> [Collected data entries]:
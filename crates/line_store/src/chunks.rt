//! Lines in chunks.
ghost use Rattle.std.specs.Prelude.{ℕ, ◌≡◌, ◌↔◌, ◌+◌, ◌-◌, ◌*◌, ◌<◌, ◌≤◌, ◌++◌, [], length, ◌^◌, slice_index_or, slice_set, insert, remove, IfOk, IsOk, IsTrue, OnErr, OnOk};
ghost use Rattle.ed_base.specs.Buffer.{flagged_at, texts};
ghost use Rattle.ed_base.specs.Lines.{AreLines, bytes_of};
ghost use Rattle.ed_base.specs.Parts.{block};
ghost use Rattle.line_store.specs.Chunks.{ChunksValue, Fits, StandsIn, Touches, full, joined, lines_before, with_chunk};
ghost use Rattle.line_store.specs.Flagged.{FirstFlagged};

mod blocks;
mod swaps;

use crate::chunk::{Chunk, FULL};
use crate::chunk_room::{add_chunks, make_room_at, make_room_first, split_chunk};
use crate::chunk_starts::ChunkStarts;
use crate::{BareLine, BareLines, Block, FileLines, Store};
use ed_base::Pieces;
use std::alloc::{AllocError, Global};
use std::marker::Model;

/// A store whose lines are in chunks.
pub type ChunkStore = Store<ChunkLines>;

/// Lines in chunks of up to `FULL`, of any length. A line that comes in or goes out moves others of its chunk alone. Chunks
/// without lines stand after all others, until one is wanted.
#[derive(Drop)]
pub struct ChunkLines {
    chunks: Vec<Chunk>,
    starts: ChunkStarts,
    // A chunk that was used lately, if there still are so many: a line is looked for there before the chunks are searched.
    near: usize,
    count: usize,
}

impl Model for ChunkLines {
    ghost use Rattle.line_store.specs.Chunks.{ChunksValue, Known};

    ghost Value = { ChunksValue };

    ghost view = { λ l. record { chunks = l.chunks.items } };

    ghost invariant = { λ l. Known l.count l.starts l.chunks.items };
}

/// How many lines a full chunk keeps when it is split for a line at one of its places. At an end of the chunk its lines stay
/// together, so that chunks that are filled in order stay full.
fn kept(place: usize) -> usize
    requires place { place ≤ full }
    ensures bound { result ≤ full }

    // None only for a line at its first place, and all only for a line at its end.
    ensures none { place ≤ full * result }
    ensures all { 2 * result ≤ full + place }
{
    if place == 0 || place == FULL {
        return place;
    }
    FULL / 2
}

/// In which chunk a line is looked for after another was used. The first one is found without it, so that where each line goes to the
/// front the chunk that they come from stays known.
fn hint(near: usize, used: usize) -> usize {
    if used == 0 { near } else { used }
}

impl ChunkLines {
    /// How many lines stand before a chunk.
    fn start(&self, k: usize) -> usize
        requires chunk { k < length self.now.chunks }
        ensures value { result ≡ lines_before k self.now.chunks }
    {
        self.starts.start(k)
    }

    /// Whether a line stands in a chunk.
    fn is_in(&self, i: usize, k: usize) -> bool
        ensures value { IsTrue result ↔ StandsIn i k self.now.chunks }
    {
        if k >= self.chunks.len() {
            return false;
        }
        let start = self.start(k);
        start <= i && i - start < self.chunks[k].len()
    }

    /// The chunk of a line. It is searched only where it is neither the one that it would be if all chunks were full, as they
    /// are in a file that was just read, nor the one that was used lately.
    fn chunk_of(&self, i: usize) -> usize
        requires place { i < length (joined self.now.chunks) }
        ensures chunk { StandsIn i result self.now.chunks }
    {
        let guess = i / FULL;
        if self.is_in(i, guess) {
            return guess;
        }
        if self.is_in(i, self.near) {
            return self.near;
        }
        self.search_chunk(i)
    }

    /// The chunk of a line, which is searched by halves.
    fn search_chunk(&self, i: usize) -> usize
        requires place { i < length (joined self.now.chunks) }
        ensures chunk { StandsIn i result self.now.chunks }
    {
        let mut low = 0;
        let mut high = self.chunks.len();
        'halves: while high - low > 1 {
            let middle = low + (high - low) / 2;
            if self.start(middle) <= i {
                low = middle;
            } else {
                high = middle;
            }
        }
        low
    }

    /// A chunk that has a place in it, or at its end.
    fn chunk_at(&self, at: usize) -> usize
        requires place { at ≤ length (joined self.now.chunks) }
        requires chunk { 0 < length self.now.chunks }
        ensures chunk { Touches at result self.now.chunks }
    {
        if at == 0 {
            return 0;
        }
        self.chunk_of(at - 1)
    }

    /// Splits a full chunk so that a line may come in at one of its places, and says in which chunk.
    fn split(&mut self, k: usize, place: usize) -> Result<usize, AllocError>
        requires chunk { k < length self.old.chunks }
        requires full { length (slice_index_or self.old.chunks k []) ≡ full }
        requires place { place ≤ full }
        ensures fits { IfOk result (λ j. Fits (lines_before k self.old.chunks + place) j self.new.chunks) }
        ensures unchanged { joined self.new.chunks ≡ joined self.old.chunks }
        ensures no_fewer { length self.old.chunks ≤ length self.new.chunks }
    {
        let keep = kept(place);
        self.starts.reserve(1)?;
        split_chunk(&mut self.chunks, k, keep)?;
        self.starts.count(&self.chunks);
        // A chunk that keeps all of its lines has no room.
        if place <= keep.min(FULL - 1) {
            return Ok(k);
        }
        Ok(k + 1)
    }

    /// Moves lines from chunk to chunk so that a line may come in at a place, and says in which chunk.
    fn draw(&mut self, at: usize) -> Result<usize, AllocError>
        requires place { at ≤ length (joined self.old.chunks) }
        ensures fits { IfOk result (λ k. Fits at k self.new.chunks) }
        ensures unchanged { joined self.new.chunks ≡ joined self.old.chunks }
        ensures no_fewer { length self.old.chunks ≤ length self.new.chunks }
        ensures room { length (joined self.old.chunks) < full * length self.old.chunks → IsOk result }
    {
        if self.count / FULL >= self.chunks.len() {
            return Err(AllocError);
        }
        make_room_first(&mut self.chunks);
        let k = make_room_at(&mut self.chunks, at);
        self.starts.count(&self.chunks);
        Ok(k)
    }

    /// Adds empty chunks until there are so many.
    fn add(&mut self, count: usize) -> Result<(), AllocError>
        ensures enough { OnOk result (count ≤ length self.new.chunks) }
        ensures unchanged { joined self.new.chunks ≡ joined self.old.chunks }
        ensures no_fewer { length self.old.chunks ≤ length self.new.chunks }
        ensures in_place { count ≤ length self.old.chunks → IsOk result }
    {
        if count <= self.chunks.len() {
            return Ok(());
        }
        self.starts.reserve(count - self.chunks.len())?;
        let added = add_chunks(&mut self.chunks, count);
        self.starts.count(&self.chunks);
        added
    }

    /// Puts a chunk after all others.
    fn push_chunk(&mut self, chunk: Chunk) -> Result<(), AllocError>
        ensures pushed { OnOk result (joined self.new.chunks ≡ joined self.old.chunks ++ chunk) }
        ensures unchanged { OnErr result (joined self.new.chunks ≡ joined self.old.chunks) }
    {
        let Some(count) = self.count.checked_add(chunk.len()) else {
            return Err(AllocError);
        };
        self.starts.reserve(1)?;
        self.chunks.push(chunk)?;
        self.starts.push(self.count);
        self.count = count;
        Ok(())
    }

    /// Sees that a line may come in at a place, and says in which chunk.
    fn make_room(&mut self, at: usize) -> Result<usize, AllocError>
        requires place { at ≤ length (joined self.old.chunks) }
        ensures fits { IfOk result (λ k. Fits at k self.new.chunks) }
        ensures unchanged { joined self.new.chunks ≡ joined self.old.chunks }
        ensures no_fewer { length self.old.chunks ≤ length self.new.chunks }
        ensures room { length (joined self.old.chunks) < full * length self.old.chunks → IsOk result }
    {
        self.add(1)?;
        let k = self.chunk_at(at);
        if self.chunks[k].len() < FULL {
            return Ok(k);
        }
        let place = at - self.start(k);
        if place == FULL && k + 1 < self.chunks.len() && self.chunks[k + 1].len() < FULL {
            return Ok(k + 1);
        }
        if let Ok(chunk) = self.split(k, place) {
            return Ok(chunk);
        }
        self.draw(at)
    }

    /// Puts a line in a chunk.
    fn put_in(&mut self, k: usize, place: usize, line: BareLine)
        requires chunk { k < length self.old.chunks }
        requires place { place ≤ length (slice_index_or self.old.chunks k []) }
        requires room { length (slice_index_or self.old.chunks k []) < full }
        requires count { length (joined self.old.chunks) + 1 < 2 ^ 64 }
        ensures inserted { self.new ≡ with_chunk k (insert (slice_index_or self.old.chunks k []) place line) self.old }
    {
        self.near = hint(self.near, k);
        self.chunks[k].insert(place, line);
        self.starts.raise(k);
        self.count += 1;
    }

    /// Takes a line out of a chunk.
    fn take_in(&mut self, k: usize, place: usize) -> BareLine
        requires chunk { k < length self.old.chunks }
        requires place { place < length (slice_index_or self.old.chunks k []) }
        ensures value { result ≡ slice_index_or (slice_index_or self.old.chunks k []) place result }
        ensures removed { self.new ≡ with_chunk k (remove (slice_index_or self.old.chunks k []) place) self.old }
    {
        self.near = hint(self.near, k);
        let line = self.chunks[k].remove(place);
        self.starts.lower(k);
        self.count -= 1;
        line
    }

    /// Puts a line in place of another of a chunk.
    fn exchange_in(&mut self, k: usize, place: usize, line: BareLine) -> BareLine
        requires chunk { k < length self.old.chunks }
        requires place { place < length (slice_index_or self.old.chunks k []) }
        ensures value { result ≡ slice_index_or (slice_index_or self.old.chunks k []) place result }
        ensures exchanged { self.new ≡ with_chunk k (slice_set (slice_index_or self.old.chunks k []) place line) self.old }
    {
        self.near = hint(self.near, k);
        self.chunks[k].exchange(place, line)
    }

    /// Flags a line of a chunk, or takes its flag.
    fn flag_in(&mut self, k: usize, place: usize, flag: bool)
        requires chunk { k < length self.old.chunks }
        requires place { place < length (slice_index_or self.old.chunks k []) }
        ensures flagged { self.new ≡ with_chunk k (flagged_at place flag (slice_index_or self.old.chunks k [])) self.old }
    {
        self.near = hint(self.near, k);
        self.chunks[k].set_flag(place, flag);
    }

    /// The first place of a chunk from `from` on where a line has the flag, or the number of its lines.
    fn flagged_in(&self, k: usize, from: usize) -> usize
        requires chunk { k < length self.now.chunks }
        requires place { from ≤ length (slice_index_or self.now.chunks k []) }
        ensures first { FirstFlagged from result (slice_index_or self.now.chunks k []) }
    {
        self.chunks[k].first_flagged(from)
    }

    /// Appends the bytes of the lines of a chunk from place `from` up to `to`, each with a newline.
    fn push_in(
        &self,
        k: usize,
        from: usize,
        to: usize,
        output: &mut Pieces,
    ) -> Result<(), AllocError>
        requires chunk { k < length self.now.chunks }
        requires order { from ≤ to }
        requires last { to ≤ length (slice_index_or self.now.chunks k []) }
        ensures appended { OnOk result
            (output.new ≡ output.old ++ bytes_of (texts (block from to (slice_index_or self.now.chunks k [])))) }
        ensures lines { OnOk result (AreLines (texts (block from to (slice_index_or self.now.chunks k [])))) }
    {
        self.chunks[k].push_lines(from, to, output)
    }

    /// How many lines a chunk has.
    fn lines_in(&self, k: usize) -> usize
        requires chunk { k < length self.now.chunks }
        ensures value { result ≡ length (slice_index_or self.now.chunks k []) }
    {
        self.chunks[k].len()
    }

    /// Puts a chunk that has no lines after all others.
    fn set_aside(&mut self, k: usize)
        requires chunk { k < length self.old.chunks }
        requires empty { length (slice_index_or self.old.chunks k []) ≡ 0 }
        ensures unchanged { joined self.new.chunks ≡ joined self.old.chunks }
        ensures length { length self.new.chunks ≡ length self.old.chunks }
    {
        let empty = self.chunks.remove(k);
        self.chunks.push_reserved(empty);
        self.starts.count(&self.chunks);
    }

    /// Puts a chunk after all others if it has no lines.
    fn tidy(&mut self, k: usize)
        requires chunk { k < length self.old.chunks }
        ensures unchanged { joined self.new.chunks ≡ joined self.old.chunks }
        ensures length { length self.new.chunks ≡ length self.old.chunks }
    {
        if self.chunks[k].len() == 0 {
            self.set_aside(k);
        }
    }

    /// A line.
    fn line(&self, i: usize) -> &BareLine
        requires place { i < length (joined self.now.chunks) }
        ensures value { result.now ≡ slice_index_or (joined self.now.chunks) i result.now }
    {
        let k = self.chunk_of(i);
        self.chunks[k].line(i - self.start(k))
    }

    /// Flags a line, or takes its flag.
    fn set_flag(&mut self, i: usize, flag: bool)
        requires place { i < length (joined self.old.chunks) }
        ensures flagged { joined self.new.chunks ≡ flagged_at i flag (joined self.old.chunks) }
    {
        let k = self.chunk_of(i);
        let place = i - self.start(k);
        self.flag_in(k, place, flag);
    }
}
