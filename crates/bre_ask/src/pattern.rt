//! Reads a pattern.

use bre_parse::Bre;
use bre_parse::fault::BreFault;
use std::alloc::{AllocError, Global};

/// The pattern, if the bytes are one.
pub(crate) fn read(alloc: Global, bytes: &[u8]) -> Result<Option<Bre>, AllocError> {
    match Bre::read(alloc, bytes) {
        Ok(pattern) => Ok(Some(pattern)),
        Err(BreFault::Memory) => Err(AllocError),
        Err(_) => Ok(None),
    }
}
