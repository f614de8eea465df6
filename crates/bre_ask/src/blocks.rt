//! Where the pattern of a block of lines matches each of its texts.

ghost use Rattle.std.specs.Prelude.{◌≤◌, length};

use crate::finder::{Finder, Means};
use crate::pattern;
use crate::places::spelled;
use memchr::memchr;
use std::alloc::{AllocError, Global};
use std::io::Read;
use std::{io, str};

/// How long the first line is, without its newline.
pub(crate) fn size_of_line(text: &[u8]) -> usize
    ensures within { result ≤ length text.now }
{
    match memchr(b'\n', text) {
        Some(size) => size,
        None => text.len(),
    }
}

/// How long the lines are up to the first empty one.
pub(crate) fn size_of_block(text: &[u8]) -> usize
    ensures within { result ≤ length text.now }
{
    let mut start = 0;
    while start < text.len() {
        let size = size_of_line(&text[start..]);
        if size == 0 {
            return start;
        }
        start += size + 1;
    }
    text.len()
}

/// What stands for a line `FROM`, tab, `TEXT`: where the first match at or after FROM lies, or whether there is one, if FROM is `-`.
fn told(alloc: Global, finder: &mut Finder<'_>, line: &[u8]) -> Result<String, AllocError> {
    let Some(size) = memchr(b'\t', line) else {
        return String::from_str(alloc, "no such line");
    };
    let text = &line[size + 1..];
    let Ok(from) = str::from_utf8(&line[..size]) else {
        return String::from_str(alloc, "no such place");
    };
    if from == "-" {
        let is_matched = finder.matches(text)?;
        return String::from_str(alloc, if is_matched { "yes" } else { "no" });
    }
    let Ok(from) = from.parse::<usize>() else {
        return String::from_str(alloc, "no such place");
    };
    if from > text.len() {
        return String::from_str(alloc, "no such place");
    }
    match finder.find(text, from)? {
        Some(found) => spelled(alloc, found),
        None => String::from_str(alloc, "none"),
    }
}

/// What stands for the texts of a block, in lines.
fn block(alloc: Global, finder: &mut Finder<'_>, texts: &[u8]) -> Result<String, AllocError> {
    let mut out = String::new(alloc);
    let mut start = 0;
    while start < texts.len() {
        let rest = &texts[start..];
        let size = size_of_line(rest);
        finder.begin();
        out.push_str(told(alloc, finder, &rest[..size])?.as_str())?;
        out.push_str("\n")?;
        start += size + 1;
    }
    Ok(out)
}

/// What stands for a block of a pattern and texts.
fn answers(alloc: Global, means: Means, word: &[u8], texts: &[u8]) -> Result<String, AllocError> {
    match pattern::read(alloc, word)? {
        Some(pattern) => {
            let mut finder = Finder::new(alloc, means, &pattern);
            let told = block(alloc, &mut finder, texts)?;
            Ok(told)
        }
        None => String::from_str(alloc, "not a pattern\n"),
    }
}

/// Prints for each block of standard input, a line with a pattern and then one for each text up to an empty line, what is found in
/// each text. Texts may hold any byte but newline.
pub(crate) fn tell(rt: &(impl Input + Print + AllocGlobal), means: Means) -> io::Result<()> {
    let mut text = Vec::new(rt.alloc());
    rt.reader().read_to_end(&mut text)?;
    let mut start = 0;
    while start < text.len() {
        let rest = &text[start..];
        let size = size_of_line(rest);
        let texts = if size < rest.len() {
            &rest[size + 1..]
        } else {
            &rest[size..]
        };
        let ahead = size_of_block(texts);
        let told = answers(rt.alloc(), means, &rest[..size], &texts[..ahead])?;
        print!(rt; "{told}")?;
        start += size + 1 + ahead + 1;
    }
    Ok(())
}
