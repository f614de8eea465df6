//! The ways in which a pattern is looked for.

ghost use Rattle.std.specs.Prelude.{◌≤◌, length, IfOk, IfSome};
ghost use Rattle.bre_match.specs.Answer.{LiesWithin};

use bre_match::{Match, Searcher, find, matches};
use bre_parse::Bre;
use std::alloc::{AllocError, Global};

/// How a pattern is looked for.
#[derive(Clone, Copy)]
pub(crate) enum Means {
    /// By the functions for one text.
    Alone,
    /// By one searcher for all texts.
    Searcher,
    /// By a new searcher for each text.
    NewSearchers,
}

/// A pattern, looked for in one text after another.
#[derive(Drop)]
pub(crate) struct Finder<'a> {
    alloc: Global,
    means: Means,
    pattern: &'a Bre,
    searcher: Searcher<'a>,
}

impl<'a> Finder<'a> {
    pub(crate) fn new(alloc: Global, means: Means, pattern: &'a Bre) -> Self {
        Finder {
            alloc,
            means,
            pattern,
            searcher: Searcher::new(alloc, pattern),
        }
    }

    /// Has to be called before each text.
    pub(crate) fn begin(&mut self) {
        if let Means::NewSearchers = self.means {
            self.searcher = Searcher::new(self.alloc, self.pattern);
        }
    }

    pub(crate) fn matches(&mut self, text: &[u8]) -> Result<bool, AllocError> {
        match self.means {
            Means::Alone => matches(self.alloc, self.pattern, text),
            Means::Searcher | Means::NewSearchers => self.searcher.matches(text),
        }
    }

    pub(crate) fn find(&mut self, text: &[u8], from: usize) -> Result<Option<Match>, AllocError>
        requires place { from ≤ length text.now }
        ensures within { IfOk result (λ found. IfSome found (LiesWithin from (length text.now))) }
    {
        match self.means {
            Means::Alone => find(self.alloc, self.pattern, text, from),
            Means::Searcher | Means::NewSearchers => self.searcher.find(text, from),
        }
    }
}
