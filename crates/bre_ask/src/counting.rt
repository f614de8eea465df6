//! Counts over the lines of standard input: the lines in which a pattern has a match, or all its matches.

use crate::finder::{Finder, Means};
use crate::pattern;
use memchr::memchr;
use std::alloc::AllocError;
use std::io;
use std::io::Read;

/// What is counted.
#[derive(Clone, Copy)]
pub(crate) enum Counted {
    /// Lines with a match.
    Lines,
    /// The matches of each line, one after the other.
    Matches,
}

/// How many matches a line has, one after the other.
fn matches_in(finder: &mut Finder<'_>, line: &[u8]) -> Result<usize, AllocError> {
    let mut count = 0usize;
    let mut place = 0;
    while place <= line.len() {
        let Some(found) = finder.find(line, place)? else {
            return Ok(count);
        };
        count = count.saturating_add(1);
        // An empty match is counted once, so the next one ends later.
        place = if found.start < found.end {
            found.end
        } else {
            found.end + 1
        };
    }
    Ok(count)
}

/// What one line adds to the count.
fn count_line(finder: &mut Finder<'_>, counted: Counted, line: &[u8]) -> Result<usize, AllocError> {
    match counted {
        Counted::Lines => {
            let is_matched = finder.matches(line)?;
            Ok(if is_matched { 1 } else { 0 })
        }
        Counted::Matches => matches_in(finder, line),
    }
}

/// A last line without its newline is a line.
fn count_in(finder: &mut Finder<'_>, counted: Counted, text: &[u8]) -> Result<usize, AllocError> {
    let mut count = 0usize;
    let mut start = 0;
    while start < text.len() {
        let rest = &text[start..];
        let size = match memchr(b'\n', rest) {
            Some(size) => size,
            None => rest.len(),
        };
        finder.begin();
        let more = count_line(finder, counted, &rest[..size])?;
        count = count.saturating_add(more);
        start += size + 1;
    }
    Ok(count)
}

/// Prints how many there are in the lines of standard input.
pub(crate) fn print_count(
    rt: &(impl Input + Print + AllocGlobal),
    counted: Counted,
    means: Means,
    word: &[u8],
) -> io::Result<()> {
    let Some(pattern) = pattern::read(rt.alloc(), word)? else {
        return println!(rt; "not a pattern");
    };
    let mut text = Vec::new(rt.alloc());
    rt.reader().read_to_end(&mut text)?;
    let mut finder = Finder::new(rt.alloc(), means, &pattern);
    let count = count_in(&mut finder, counted, &text)?;
    println!(rt; "{count}")
}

> [What is being asked]: Starting with the line with "self.new.chunks ≡ flagged_at" above and going on through the line with "bytes are one.", transcribe every line exactly, both ends included, and add nothing.

> [Task answer]:
        ensures flagged { joined self.new.chunks ≡ flagged_at i flag (joined self.old.chunks) }
    {
        let k = self.chunk_of(i);
        let place = i - self.start(k);
        self.flag_in(k, place, flag);
    }
}
filename crates/bre_ask/src/pattern.rt
//! Reads a pattern.

use bre_parse::Bre;
use bre_parse::fault::BreFault;
use std::alloc::{AllocError, Global};

/// The pattern, if the bytes are one.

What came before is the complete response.